America's Trajectory Toward Statism

By: Andrew Deaton



With every general election seemingly since the dawn of time we have been given the ultimatum that this one – whatever quadrennial is at hand – is the most important election in decades, or our lifetime, or ever. When an incumbent is running for a second term, he will quietly imply that the new vote is the one that really matters (though he made the same claim four years prior). To be sure, most candidates at all levels of government use this tactic mainly as a rhetorical device to drum up support through intimidation and couldn’t care less whether they have any lasting impact past their term or not.
                                
However, it is in a very real way true that every upcoming general election is the most important one yet. The others are all on record; this is the one that is undecided. The past is safely known; the future is uncertain. It is important to understand, though, that the upcoming 2012 general election does in fact have its own historical bearing that is different not only in degree but also in quality from all prior elections taken as a whole. There are three primary reasons for this uniqueness:

The choices are about as far from one another as we’ve ever seen and are almost totally mutually exclusive. This election presents two fundamentally distinct alternative candidates which represent one of the greatest disparities in potential consequences our nation has ever faced in an election. Yes, Romney’s political platform is infected with the insidious undertones of statism, but his moral platform has a tone which is incongruous with Obama’s and which I think will to a great degree iron out many of the faults of his political platform.

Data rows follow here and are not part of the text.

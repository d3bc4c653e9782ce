// PROMISES each-change-has-an-inverse: there_and_back, either_order
//! The laws of the table, stated as contracts of functions that do nothing. One law is about a
//! change followed by its inverse, the other about two inverses of different keys in either order.
//! Both follow from the contracts of `apply` and `take_back` and need no code, so they are apart
//! from the table.

ghost use Rattle.std.specs.Prelude.{◌≡◌, ◌≢◌, ℕ, Option, None};
ghost use Rattle.txn_words.specs.declared.op.Op.{Op};
ghost use Rattle.map_ops.specs.declared.job.MapJob.{MapJob};
ghost use Rattle.map_ops.specs.TableAt.{KeepsSpares, TableAt, content, regular};
ghost use Rattle.map_ops.specs.Jobs.{key_of_job, spare_of_job};
ghost use Rattle.map_ops.specs.Changes.{Applies, AreApart, ShowsAfter, TakesBack};
ghost use Rattle.map_ops.specs.Laws.{GoesAndReturns, IsInOrder, TakesBackTwo};

/// A change followed by its inverse leaves the content unchanged. It also leaves the list of pairs
/// unchanged, because this list is always the pairs of the content in order (clause `ordered` of
/// `Table::size`). An operation without a job leaves the content unchanged too.
///
/// The function does nothing. Its contract states the law, which follows from the contracts of
/// `Table::apply` and `Table::take_back`.
pub fn there_and_back()
    ensures content { (old new : TableAt) → GoesAndReturns old new → content new ≡ content old }
    ensures regular { (old new : TableAt) → GoesAndReturns old new
        → IsInOrder old → IsInOrder new → regular new ≡ regular old }
    ensures no_job { (old new : TableAt) (op : Op) (reply : Option ℕ)
        → Applies old new op reply None → content new ≡ content old }
{}

/// Two jobs of different keys may run in either order. After both orders the content and the list
/// of pairs are the same, and the same spares are out. Clause `due` says: if the spares of the two
/// jobs are at different places, the second job may still run after the first.
///
/// The function does nothing. Its contract states the law, which follows from the contract of
/// `Table::take_back`.
pub fn either_order()
    ensures due { (old new : TableAt) (first second : MapJob)
        → key_of_job first ≢ key_of_job second → AreApart (spare_of_job first) (spare_of_job second)
        → ShowsAfter second old → TakesBack old new first → ShowsAfter second new }
    ensures content { (old one other : TableAt) (first second : MapJob)
        → key_of_job first ≢ key_of_job second
        → TakesBackTwo old one first second → TakesBackTwo old other second first
        → content one ≡ content other }
    ensures regular { (old one other : TableAt) (first second : MapJob)
        → key_of_job first ≢ key_of_job second
        → TakesBackTwo old one first second → TakesBackTwo old other second first
        → IsInOrder one → IsInOrder other → regular one ≡ regular other }
    ensures spares { (old one other : TableAt) (first second : MapJob)
        → TakesBackTwo old one first second → TakesBackTwo old other second first
        → KeepsSpares other one }
{}
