// PROMISES the-judge-of-histories: check, check_packed
//! The check of a whole history in memory: a checker is fed every entry. Only this module takes
//! lists of entries. Packed entries are unpacked one at a time, so a check takes only the memory of
//! its checker. After a bad entry the check still reads the remaining entries, in constant time for
//! each.
ghost use Rattle.std.specs.Prelude.{◌<◌, IfOk};
ghost use Rattle.std.specs.List.{All};
ghost use Rattle.txn_words.specs.Kinds.{caller_of};
ghost use Rattle.history_check.specs.Verdicts.{IsVerdictOn};

use crate::checker::Checker;
use crate::verdict::Verdict;
use std::alloc::{AllocError, Global};
use txn_trace::{Entry, Holder, SmallEntry};

/// Judges a whole history of a map with `stripes` stripes. All callers must be below 64. `holder`
/// says which callers a Busy entry may name.
///
/// If the history is legal, the verdict is `Legal`, with the number of commits and the number of
/// callers that are in a transaction at the end. If it is not legal, the verdict is `Illegal`, with
/// the index (from 0) of the first entry that breaks a rule. The verdict also names the first rule
/// that this entry breaks, in the order shape, replies, locks.
///
/// # Errors
///
/// `AllocError` if memory is refused.
///
/// # Cost
///
/// Each entry takes time in proportion to the logarithm of the number of keys. A Committed or
/// Aborted entry also takes time in proportion to the stripes that it gives back and to the
/// transaction's standing changes. Memory is in proportion to the stripes, and to the greatest
/// numbers of keys, of changes that can be taken back and of savepoints at one time.
pub fn check(
    alloc: Global,
    entries: &[Entry],
    stripes: u64,
    holder: Holder,
) -> Result<Verdict, AllocError>
    requires stripes { 0 < stripes }
    requires callers { All (λ entry. caller_of entry < 64) entries.now }
    ensures { IfOk result (IsVerdictOn holder stripes entries.now) }
{
    let mut checker = Checker::new(alloc, stripes, holder)?;
    for entry in entries {
        checker.feed(entry)?;
    }
    Ok(checker.verdict())
}

/// Judges a whole history like `check`, but takes packed entries.
///
/// # Errors
///
/// `AllocError` if memory is refused.
///
/// # Cost
///
/// The cost of `check`.
pub fn check_packed(
    alloc: Global,
    entries: &[SmallEntry],
    stripes: u64,
    holder: Holder,
) -> Result<Verdict, AllocError>
    requires stripes { 0 < stripes }
    requires callers { All (λ entry. caller_of entry < 64) entries.now }
    ensures { IfOk result (IsVerdictOn holder stripes entries.now) }
{
    let mut checker = Checker::new(alloc, stripes, holder)?;
    for entry in entries {
        checker.feed(&entry.entry())?;
    }
    Ok(checker.verdict())
}
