//! Converts the refusals of calls on buckets to those of steps, since `bucket_table` does not use
//! `txn_words`, and this crate uses both. Each refusal becomes the refusal of the same name, so
//! different refusals stay different. A result that is no refusal stays unchanged.
ghost use Rattle.std.specs.Prelude.{◌≡◌};
ghost use Rattle.map_ops.specs.Buckets.{answer_for, refusal_for};

use bucket_table::InitRefusal;
use txn_words::Refusal;

/// Converts a refusal of a call on buckets to the refusal of a step with the same name.
fn refusal_for(refusal: InitRefusal) -> Refusal
    ensures { result ≡ refusal_for refusal }
{
    match refusal {
        InitRefusal::NoSuchBucket => Refusal::NoSuchBucket,
        InitRefusal::ParentMissing => Refusal::ParentMissing,
        InitRefusal::NoSuchHelper => Refusal::NoSuchHelper,
        InitRefusal::HelperOutOfOrder => Refusal::HelperOutOfOrder,
        InitRefusal::NoMemory => Refusal::NoMemory,
        InitRefusal::StampsUsedUp => Refusal::StampsUsedUp,
    }
}

/// Converts what a call on buckets returns: a refusal becomes the refusal of a step with the same
/// name.
pub(crate) fn answer_for<T>(outcome: Result<T, InitRefusal>) -> Result<T, Refusal>
    ensures { result ≡ answer_for outcome }
{
    match outcome {
        Ok(done) => Ok(done),
        Err(refusal) => Err(refusal_for(refusal)),
    }
}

To reelect Obama/Biden is to pass the point of no return while Romney/Ryan represents a golden opportunity for America that McCain/Palin and the like never hoped to match. The incumbent, if reelected, will push our nation past the tipping point in a tradition that most certainly did not begin with him, but which is perfectly embodied by him. In short, if Obama/Biden is reelected, the next primary election in 2016 might very well not be so important simply because we will have signed our own last will and testament by reelecting him now. His being barred from a third term is irrelevant; his reelection this year will set a tone that the next president in 2016 will find impossible or nearly so to unravel, even assuming that a future president is sincerely committed to doing so. The upside is that Romney/Ryan represents a dormant but still alive view of American greatness which I believe will represent the first steps in a revival of a positive political course for America, which we have not seen on the ascent in over a century. We have an actual choice for the first time since Reagan and Mondale faced off in 1984.

We can’t procrastinate about the decision any longer. Treading water is not an option. We either vote to seal our nation’s fate, or we vote to revive the faint echoes of the Founding Fathers’ vision which represent everything great about this nation, about Western civilization and about mankind.

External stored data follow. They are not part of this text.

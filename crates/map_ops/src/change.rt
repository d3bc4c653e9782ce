//! The functions that do an operation or an inverse on the list of a table. Only `seek_key` reads
//! the buckets, and no function here changes them. So every contract but that of `seek_key` speaks
//! of the list alone (`specs/Lists.antt`).
ghost use Rattle.std.specs.Prelude.{◌≡◌, ◌≤◌, Some, None, is_ok, nat_eq, IfOk, IfErr, IfSome, OnErr};
ghost use Rattle.std.specs.Option.{option_eq};
ghost use Rattle.node_list.specs.Follow.{Follows};
ghost use Rattle.node_list.specs.Nodes.{IsOut};
ghost use Rattle.node_list.specs.Sound.{IsSound};
ghost use Rattle.list_steps.specs.Found.{IsPlaced, at_of, fits, pred_of};
ghost use Rattle.split_key.specs.Sort.{regular_at};
ghost use Rattle.bucket_table.specs.Home.{IsHome};
ghost use Rattle.txn_words.specs.Map.{get, key_of};
ghost use Rattle.map_ops.specs.declared.pending.Plan.TheVariants.{Put as PutPlan, PutIf as PutIfPlan, Take as TakePlan};
ghost use Rattle.map_ops.specs.TableAt.{table_of};
ghost use Rattle.map_ops.specs.Jobs.{IsDue, key_of_job, spare_of_job};
ghost use Rattle.map_ops.specs.Plans.{pending_of};
ghost use Rattle.map_ops.specs.Changes.{Places, SeeksNear};
ghost use Rattle.map_ops.specs.Nodes.{JobWrites, LinksNode, MarksNode, OpWrites, PutWrites, TakeWrites, WritesNode, node_for};
ghost use Rattle.map_ops.specs.Lists.{Does, GivesBack, GivesOne, HasNode, HasGap, IsLacking, IsRefused, KeepsSpares, Prepares, Sets, Spends, Stands, TakesBack, content, place_in};
ghost use Rattle.map_ops.specs.Sound.{Belong};

use crate::job::MapJob;
use crate::pending::Plan;
use bucket_table::Buckets;
use list_steps::{Again, Cursor, link_at, look, mark_at, seek, swap_at};
use node_list::{Kind, NodeList, NodeRef, SpareFault, Unfilled};
use split_key::{Key, SortKey, bucket_of};
use txn_words::{Op, Refusal, Reply};

/// Takes a new spare from the list.
fn give_spare(list: &mut NodeList) -> Result<Unfilled, Refusal>
    requires { IsSound list.old }
    ensures ok { IfOk result (GivesOne list.old list.new) }
    ensures err { IfErr result (IsLacking list.old) }
    ensures unchanged { OnErr result (list.new ≡ list.old) }
    ensures follows { Follows list.old list.new }
{
    match list.spare() {
        Ok(spare) => Ok(spare.keep()),
        Err(SpareFault::Worn) => Err(Refusal::StampsUsedUp),
        Err(SpareFault::NoMemory) => Err(Refusal::NoMemory),
    }
}

/// Prepares an operation: takes the spare that it needs from the list.
#[inline(always)]
pub(crate) fn plan(list: &mut NodeList, op: Op) -> Result<Plan, Refusal>
    requires { IsSound list.old }
    ensures ok { IfOk result (λ plan. Prepares list.old list.new op (pending_of plan)) }
    ensures err { IfErr result (IsRefused list.old op) }
    ensures unchanged { OnErr result (list.new ≡ list.old) }
    ensures follows { Follows list.old list.new }
{
    match op {
        Op::Put(key, value) => {
            let spare = give_spare(list)?;
            Ok(Plan::Put(Key::new(key), value, spare))
        }
        Op::Take(key) => {
            let spare = give_spare(list)?;
            Ok(Plan::Take(Key::new(key), spare))
        }
        Op::PutIf(key, expected, value) => {
            let spare = give_spare(list)?;
            Ok(Plan::PutIf(Key::new(key), expected, value, spare))
        }
        Op::Get(key) => Ok(Plan::Get(Key::new(key))),
    }
}

/// Seeks a key.
#[inline(always)]
pub(crate) fn seek_key(list: &mut NodeList, buckets: &Buckets, key: Key) -> Cursor
    requires home { IsHome buckets.now list.old }
    requires sound { IsSound list.old }
    requires belong { Belong list.old.nodes }
    ensures places { Places (table_of list.old buckets.now) (table_of list.new buckets.now)
        key result }
    ensures near { SeeksNear (table_of list.old buckets.now) (table_of list.new buckets.now) key }
    ensures belong { Belong list.new.nodes }
    ensures rises { list.old.changes ≤ list.new.changes }
    ensures follows { Follows list.old list.new }
{
    let bucket = bucket_of(key, buckets.size());
    let from = buckets.nearest(bucket);
    seek(list, from, SortKey::regular(key))
}

/// Returns the node of a key, given a cursor that was placed for the key. Returns `Again` if the
/// cursor no longer fits. If it fits and the key has no node, returns `None`: a node of the key
/// then belongs right after `cursor.pred()`.
pub(crate) fn find(list: &NodeList, cursor: &Cursor, key: Key) -> Result<Option<NodeRef>, Again>
    requires sound { IsSound list.now }
    requires belong { Belong list.now.nodes }
    requires placed { IsPlaced list.now cursor.now }
    requires at { at_of cursor.now ≡ regular_at key }
    ensures again { is_ok result ≡ fits list.now cursor.now }
    ensures ok { IfOk result (Stands list.now key (pred_of cursor.now)) }
{
    look(list, cursor)
}

/// Links a node for an absent key, right after `pred`.
fn link_key(list: &mut NodeList, pred: NodeRef, key: Key, value: u64, spare: Unfilled)
    requires sound { IsSound list.old }
    requires belong { Belong list.old.nodes }
    requires room { HasGap list.old key pred }
    requires owned { IsOut list.old spare }
    ensures sets { Sets list.old list.new key (Some value) }
    ensures spares { Spends list.old list.new (Some spare) }
    ensures writes { LinksNode list.old list.new (node_for key value spare) }
    ensures belong { Belong list.new.nodes }
    ensures follows { Follows list.old list.new }
{
    let mut node = spare.into_spare();
    node.fill(SortKey::regular(key), Kind::Regular, value);
    let _ = link_at(list, pred, node);
}

/// Writes a new value for a key that is present, and returns the old value.
fn swap_key(list: &mut NodeList, node: NodeRef, key: Key, value: u64) -> u64
    requires sound { IsSound list.old }
    requires belong { Belong list.old.nodes }
    requires there { HasNode list.old key node }
    ensures was { get (content list.old) key ≡ Some result }
    ensures sets { Sets list.old list.new key (Some value) }
    ensures spares { KeepsSpares list.old list.new }
    ensures writes { WritesNode list.old list.new key value }
    ensures belong { Belong list.new.nodes }
    ensures follows { Follows list.old list.new }
{
    swap_at(list, node, value)
}

/// Marks the node of a key that is present, and returns the key's value.
fn mark_key(list: &mut NodeList, node: NodeRef, key: Key) -> u64
    requires sound { IsSound list.old }
    requires belong { Belong list.old.nodes }
    requires there { HasNode list.old key node }
    ensures was { get (content list.old) key ≡ Some result }
    ensures sets { Sets list.old list.new key None }
    ensures spares { KeepsSpares list.old list.new }
    ensures writes { MarksNode list.old list.new key }
    ensures belong { Belong list.new.nodes }
    ensures follows { Follows list.old list.new }
{
    mark_at(list, node)
}

/// Gives a spare back to the list.
fn give_back(list: &mut NodeList, spare: Unfilled)
    requires { IsOut list.old spare }
    ensures back { GivesBack list.old list.new (Some spare) }
    ensures follows { Follows list.old list.new }
{
    list.give_back(spare.into_spare());
}

/// Gives a spare back to the list, if there is one.
pub(crate) fn give_up(list: &mut NodeList, spare: Option<Unfilled>)
    requires { IfSome spare (IsOut list.old) }
    ensures back { GivesBack list.old list.new spare }
    ensures follows { Follows list.old list.new }
{
    if let Some(spare) = spare {
        give_back(list, spare);
    }
}

/// Returns true if the key had the expected value, or if it had no value and none was expected.
fn is_expected(was: Reply, expected: Reply) -> bool
    ensures { result ≡ option_eq nat_eq was expected }
{
    was == expected
}

/// Puts a value. Returns the value that the key had and the job that takes the change back.
#[inline(always)]
fn put_key(
    list: &mut NodeList,
    pred: NodeRef,
    there: Option<NodeRef>,
    key: Key,
    value: u64,
    spare: Unfilled,
) -> (Reply, Option<MapJob>)
    requires sound { IsSound list.old }
    requires belong { Belong list.old.nodes }
    requires stands { Stands list.old key pred there }
    requires owned { IsOut list.old spare }
    ensures does { Does list.old list.new (pending_of (PutPlan key value spare))
        result.0 result.1 }
    ensures writes { PutWrites list.old list.new key value (Some spare) result.0 }
    ensures belong { Belong list.new.nodes }
    ensures follows { Follows list.old list.new }
{
    match there {
        None => {
            link_key(list, pred, key, value, spare);
            (None, Some(MapJob::Unput(key)))
        }
        Some(node) => {
            let old = swap_key(list, node, key, value);
            give_back(list, spare);
            (Some(old), Some(MapJob::Restore(key, old)))
        }
    }
}

/// Puts a value if the key has the expected one, else leaves the key unchanged. Returns the value
/// that the key had and, if a value was put, the job that takes the change back.
fn put_if_key(
    list: &mut NodeList,
    pred: NodeRef,
    there: Option<NodeRef>,
    key: Key,
    expected: Reply,
    value: u64,
    spare: Unfilled,
) -> (Reply, Option<MapJob>)
    requires sound { IsSound list.old }
    requires belong { Belong list.old.nodes }
    requires stands { Stands list.old key pred there }
    requires owned { IsOut list.old spare }
    ensures does { Does list.old list.new (pending_of (PutIfPlan key expected value spare))
        result.0 result.1 }
    ensures writes { OpWrites list.old list.new
        (pending_of (PutIfPlan key expected value spare)).op (Some spare)
        (get (content list.old) key) }
    ensures belong { Belong list.new.nodes }
    ensures follows { Follows list.old list.new }
{
    let was = match there {
        None => None,
        Some(node) => Some(list.node(node).value),
    };
    if is_expected(was, expected) {
        put_key(list, pred, there, key, value, spare)
    } else {
        give_back(list, spare);
        (was, None)
    }
}

/// Takes a key out. Returns the value that the key had and, if it had one, the job that puts the
/// key back.
fn take_key(
    list: &mut NodeList,
    pred: NodeRef,
    there: Option<NodeRef>,
    key: Key,
    spare: Unfilled,
) -> (Reply, Option<MapJob>)
    requires sound { IsSound list.old }
    requires belong { Belong list.old.nodes }
    requires stands { Stands list.old key pred there }
    requires owned { IsOut list.old spare }
    ensures does { Does list.old list.new (pending_of (TakePlan key spare)) result.0 result.1 }
    ensures writes { TakeWrites list.old list.new key (get (content list.old) key) }
    ensures belong { Belong list.new.nodes }
    ensures follows { Follows list.old list.new }
{
    match there {
        None => {
            give_back(list, spare);
            (None, None)
        }
        Some(node) => {
            let old = mark_key(list, node, key);
            (Some(old), Some(MapJob::Relink(key, old, spare)))
        }
    }
}

/// Does an operation at the node of its key. If the key has no node, does the operation right after
/// `pred`. Returns the value that the key had and, if the operation is a change, the job that takes
/// the change back.
#[inline(always)]
pub(crate) fn change(
    list: &mut NodeList,
    plan: Plan,
    pred: NodeRef,
    there: Option<NodeRef>,
) -> (Reply, Option<MapJob>)
    requires sound { IsSound list.old }
    requires belong { Belong list.old.nodes }
    requires stands { Stands list.old (key_of (pending_of plan).op) pred there }
    requires owned { IfSome (pending_of plan).spare (IsOut list.old) }
    ensures does { Does list.old list.new (pending_of plan) result.0 result.1 }
    ensures writes { OpWrites list.old list.new (pending_of plan).op (pending_of plan).spare
        (get (content list.old) (key_of (pending_of plan).op)) }
    ensures belong { Belong list.new.nodes }
    ensures follows { Follows list.old list.new }
{
    match plan {
        Plan::Put(key, value, spare) => put_key(list, pred, there, key, value, spare),
        Plan::PutIf(key, expected, value, spare) => {
            put_if_key(list, pred, there, key, expected, value, spare)
        }
        Plan::Take(key, spare) => take_key(list, pred, there, key, spare),
        Plan::Get(_) => match there {
            None => (None, None),
            Some(node) => (Some(list.node(node).value), None),
        },
    }
}

/// Returns the place of a key's node. If the key has no node, returns the place of the node after
/// which the key's node belongs.
fn place_in(pred: NodeRef, there: Option<NodeRef>) -> NodeRef
    ensures { result ≡ place_in pred there }
{
    match there {
        None => pred,
        Some(node) => node,
    }
}

/// Takes a change back at the node of its key. If the key has no node, links one right after
/// `pred`.
pub(crate) fn restore(list: &mut NodeList, job: MapJob, pred: NodeRef, there: Option<NodeRef>)
    requires sound { IsSound list.old }
    requires belong { Belong list.old.nodes }
    requires stands { Stands list.old (key_of_job job) pred there }
    requires due { IsDue (content list.old) job }
    requires owned { IfSome (spare_of_job job) (IsOut list.old) }
    ensures back { TakesBack list.old list.new job }
    ensures writes { JobWrites list.old list.new job }
    ensures belong { Belong list.new.nodes }
    ensures follows { Follows list.old list.new }
{
    let place = place_in(pred, there);
    match job {
        MapJob::Unput(key) => {
            let _ = mark_key(list, place, key);
        }
        MapJob::Restore(key, old) => {
            let _ = swap_key(list, place, key, old);
        }
        MapJob::Relink(key, old, spare) => link_key(list, place, key, old, spare),
    }
}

Our current president’s overarching theme, his avowed raison d'être, is to equalize all individuals. After all, it is right there at the opening of the Declaration of Independence: All men have inalienable rights to life, liberty, and the pursuit of happiness. This enumeration is based on the views of John Locke, an English philosopher of the 17th century who was a massive inspiration for the Founding Fathers and might be seen as one of the philosophic pioneers who made the United States possible. Locke and the Founders, however, meant these rights to guarantee opportunity – i.e., leave individuals alone to succeed or to fail on their own merits – rather than guaranteeing success, which would contradict the “opportunity” interpretation reducing men to the status of wards of the state. Nowadays, we can see that the overwhelming majority of Americans have come to feel some sort of entitlement to the products of others, said entitlement to be brokered and enforced by the state. Barack Obama is merely the tip of the iceberg that is sinking the ship. It is important that American voters understand that his doctrine is not a fluke. There is a wealth of history to demonstrate the definite and powerful trend of statism’s increase in America and that it is directly causal of America’s decreasing greatness in the world, with Obama being the final nail in the coffin.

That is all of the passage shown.